This is not very efficient, but it should work. The larger the file gets, the slower will this be.

这不是很有效，但它应该有效。文件越大，速度就越慢。

string xpath = "//location[name = //person[name='Jim']/name]";
XmlNode locationNode = doc.SelectSingleNode(xpath);

Here is why this is inefficient:

这就是效率低下的原因：

• The "//" shorthand causes a document-wide scan of all nodes.
• The "[]" predicate runs in a loop, once for each <person>matched by "//person".
• The second "//" causes a causes a document-wide scan again, this time once for each <person>.

• " //" 速记会导致对所有节点进行文档范围的扫描。
• " []" 谓词在循环中运行，每次<person>与 " //person"匹配。
• 第二个“ //”会导致再次进行文档范围的扫描，这次是每个<person>.

This means you get quadratic O(n2) worst-case performance, which is bad. If there are n <person>s and n <location>s in your document, n x n document wide scans happen. All out of one innocent looking XPath expression.

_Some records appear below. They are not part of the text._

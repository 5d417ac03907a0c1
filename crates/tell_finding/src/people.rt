// A finding as text for people.
use crate::carets::{put_caret, put_shown};
use crate::finding::{items_of, number_of, text_of};
use serde_json::Value;
use tell_mend::{Reader, cut};

// LABEL~MEMBER~SEPARATOR: the members that are a text or a list of texts. Cures contain commas, so they are
// separated by `;`.
const LABELS: &str = "\
expected~expected~,
form~form~;
why~why~;
cure~cure~;
so~mended~;
then~then~;
probe~probe~;";

// Appends a text, or the texts of a list with a separator between them. Only one of them isn't empty.
fn put_texts(reader: &mut Reader, out: &mut Vec<u8>, items: &[Value], between: &str) {
    for (place, item) in items.iter().enumerate() {
        if place > 0 {
            reader.put_all(out, &[between.as_bytes(), b" "]);
        }
        reader.put(out, item.as_str().unwrap_or("").as_bytes());
    }
}

// Appends the member that a row of the labels names, if there is one.
fn put_member(reader: &mut Reader, out: &mut Vec<u8>, finding: &Value, row: &str) {
    let (label, rest) = row.split_once('~').unwrap_or((row, ""));
    let (key, between) = rest.split_once('~').unwrap_or((rest, ""));
    let (text, items) = (text_of(finding, key), items_of(finding, key));
    if text.is_empty() && items.is_empty() {
        return;
    }
    reader.put_all(out, &[b"    ", label.as_bytes(), b": ", text.as_bytes()]);
    put_texts(reader, out, items, between);
    reader.put(out, b"\n");
}

// Appends the line that a row comes from.
fn put_source(reader: &mut Reader, out: &mut Vec<u8>, item: &Value) {
    let text = text_of(item, "text");
    if text.is_empty() {
        return reader.put(out, b"the window itself");
    }
    reader.put(out, b"line ");
    reader.put_number(out, number_of(item, "line"));
    reader.put(out, b": ");
    put_shown(reader, out, text.as_bytes(), 0);
}

// Appends a row's multiplier, right-aligned.
fn put_times(reader: &mut Reader, out: &mut Vec<u8>, item: &Value) {
    let mut times = Vec::new(reader.alloc());
    reader.put_number(&mut times, number_of(item, "times"));
    let blanks = cut(b"    ", times.len()).1;
    reader.put_all(out, &[b"    ", blanks, &times, b" times "]);
    drop(times);
}

// Appends a row of a conflict.
fn put_row(reader: &mut Reader, out: &mut Vec<u8>, item: &Value) {
    put_times(reader, out, item);
    put_source(reader, out, item);
    let (row, note) = (text_of(item, "row"), text_of(item, "note"));
    reader.put_all(out, &[b" [", row.as_bytes(), b"]", note.as_bytes(), b"\n"]);
}

// Appends an ambiguous attribute.
fn put_open(reader: &mut Reader, out: &mut Vec<u8>, item: &Value) {
    let (attr, value) = (text_of(item, "attribute"), text_of(item, "value"));
    let (reach, pin) = (text_of(item, "reach"), text_of(item, "pin"));
    reader.put_all(out, &[b"    ", attr.as_bytes(), b" is ", value.as_bytes()]);
    reader.put_all(out, &[b", and could be ", reach.as_bytes()]);
    reader.put_all(out, &[b"; to pin it: ", pin.as_bytes(), b"\n"]);
}

// Appends the line with a caret.
fn put_marked(reader: &mut Reader, out: &mut Vec<u8>, finding: &Value) {
    let column = usize::try_from(number_of(finding, "column")).unwrap_or(0);
    let width = usize::try_from(number_of(finding, "width")).unwrap_or(0);
    put_caret(reader, out, text_of(finding, "text"), column, width);
}

// Appends the line's number, where its cause shows, and its reply.
fn put_head(reader: &mut Reader, out: &mut Vec<u8>, finding: &Value) {
    reader.put(out, b"line ");
    reader.put_number(out, number_of(finding, "line"));
    reader.put(out, b", column ");
    reader.put_number(out, number_of(finding, "column"));
    reader.put_all(out, &[b": ", text_of(finding, "reply").as_bytes(), b"\n"]);
}

/// Appends the finding as text.
pub fn put_people(reader: &mut Reader, out: &mut Vec<u8>, finding: &Value) {
    put_head(reader, out, finding);
    put_marked(reader, out, finding);
    for row in LABELS.lines() {
        put_member(reader, out, finding, row);
    }
    for item in items_of(finding, "rows") {
        put_row(reader, out, item);
    }
    for item in items_of(finding, "open") {
        put_open(reader, out, item);
    }
}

这意味着您将获得二次 O(n2) 最坏情况的性能，这很糟糕。如果您的文档中有 n <person>s 和 n <location>s，则会发生 nxn 文档宽扫描。完全出于一种看起来很无辜的 XPath 表达式。

I'd recommend against that approach. A two-step selection (first, find the person, then the location) will perform better.

我建议反对这种方法。两步选择（首先找到人，然后是位置）会表现得更好。

You are not selecting the locationnode based on the personnode, rather you are selecting it based on the valueof the node. The value is just a string and in this case, it can be used to formulate a predicate condition that selects the locationnode based on the value within ("Jim").

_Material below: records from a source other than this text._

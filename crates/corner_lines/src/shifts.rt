// The laws of a constant that changes, each the contract of a function that does nothing.
ghost use Rattle.corner_lines.specs.ShiftLaws.{ShiftMovesAttrs, ShiftMovesLines, ShiftMovesRow};
ghost use Rattle.corner_lines.specs.ShiftLaws.{ShiftedHasRays, ShiftedIsCorner};

/// If a row's constant changes, the marks stay a corner, and each outside mark can still grow alone.
pub fn shifted_is_corner()
    ensures corner { ShiftedIsCorner }
    ensures rays { ShiftedHasRays }
{}

/// An attribute's equation keeps its numbers. Its value grows by the row's number over `own` times the
/// difference.
pub fn shift_moves_attrs()
    ensures { ShiftMovesAttrs }
{}

/// So does the equation of another line's deviation.
pub fn shift_moves_lines()
    ensures { ShiftMovesLines }
{}

/// If the row is inside, the value of its own deviation falls by the difference.
pub fn shift_moves_row()
    ensures { ShiftMovesRow }
{}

您不是location根据person节点选择节点，而是根据节点的值选择它。该值只是一个字符串，在这种情况下，它可用于制定一个谓词条件，该条件location根据（“Jim”）中的值选择节点。

I am not very sure why you want refer location from personNode. Since, the name already exists in locationnode you can very well use the same to get the location node corresponding to 'Jim'.

我不太确定您为什么要从personNode. 由于该名称已存在于location节点中，因此您可以很好地使用它来获取与“Jim”对应的位置节点。

XPath would be: //location[name = 'Jim']

XmlNode locationNode = personNode.SelectSingleNode(".."); 

Should do it.

应该做。

I appreciate that your real XML document is more complex than your example, but one thing does strike me about it. It resembles a relational data store containing the following:

我很欣赏您真正的 XML 文档比您的示例更复杂，但有一件事确实让我印象深刻。它类似于包含以下内容的关系数据存储：

• A persontable with two columns - nameand age.
• A locationtable with two columns - nameand country.
• A 1-1 relationship between the two tables joining on the two namecolumns.

• 一个person包含两列的表 -name和age。
• 一个location包含两列的表 -name和country。
• 连接两name列的两个表之间的 1-1 关系。

With that in mind, the XPath becomes obvious. You just select on the primary key value of the table whose data you want.

考虑到这一点，XPath 变得显而易见。您只需选择所需数据的表的主键值。

//location[name = 'Jim']

I know that aJ already proposed that solution, and it was rejected, but if you generalise the idea to the real XML schema, you get this:

我知道 aJ 已经提出了这个解决方案，但被拒绝了，但是如果你将这个想法推广到真正的 XML 模式，你会得到这个：

//real_2nd_table_name[real_2nd_pk_column_name_1 = real_1st_pk_column_value_1 and real_2nd_pk_column_name_2 = real_1st_pk_column_value_2 and real_2nd_pk_column_name_3 = real_1st_pk_column_value_3 ...]

In other words:

换句话说：

1. You already know the PK values used to find the row in the first table.
2. You know how the two tables are related.
3. Therefore you should be able to work out how to express a PK query on the second table using the same values that you would have used to select the row in the first table.

1. 您已经知道用于在第一个表中查找行的 PK 值。
2. 你知道这两个表是如何相关的。
3. 因此，您应该能够计算出如何使用与在第一个表中选择行时相同的值在第二个表上表达 PK 查询。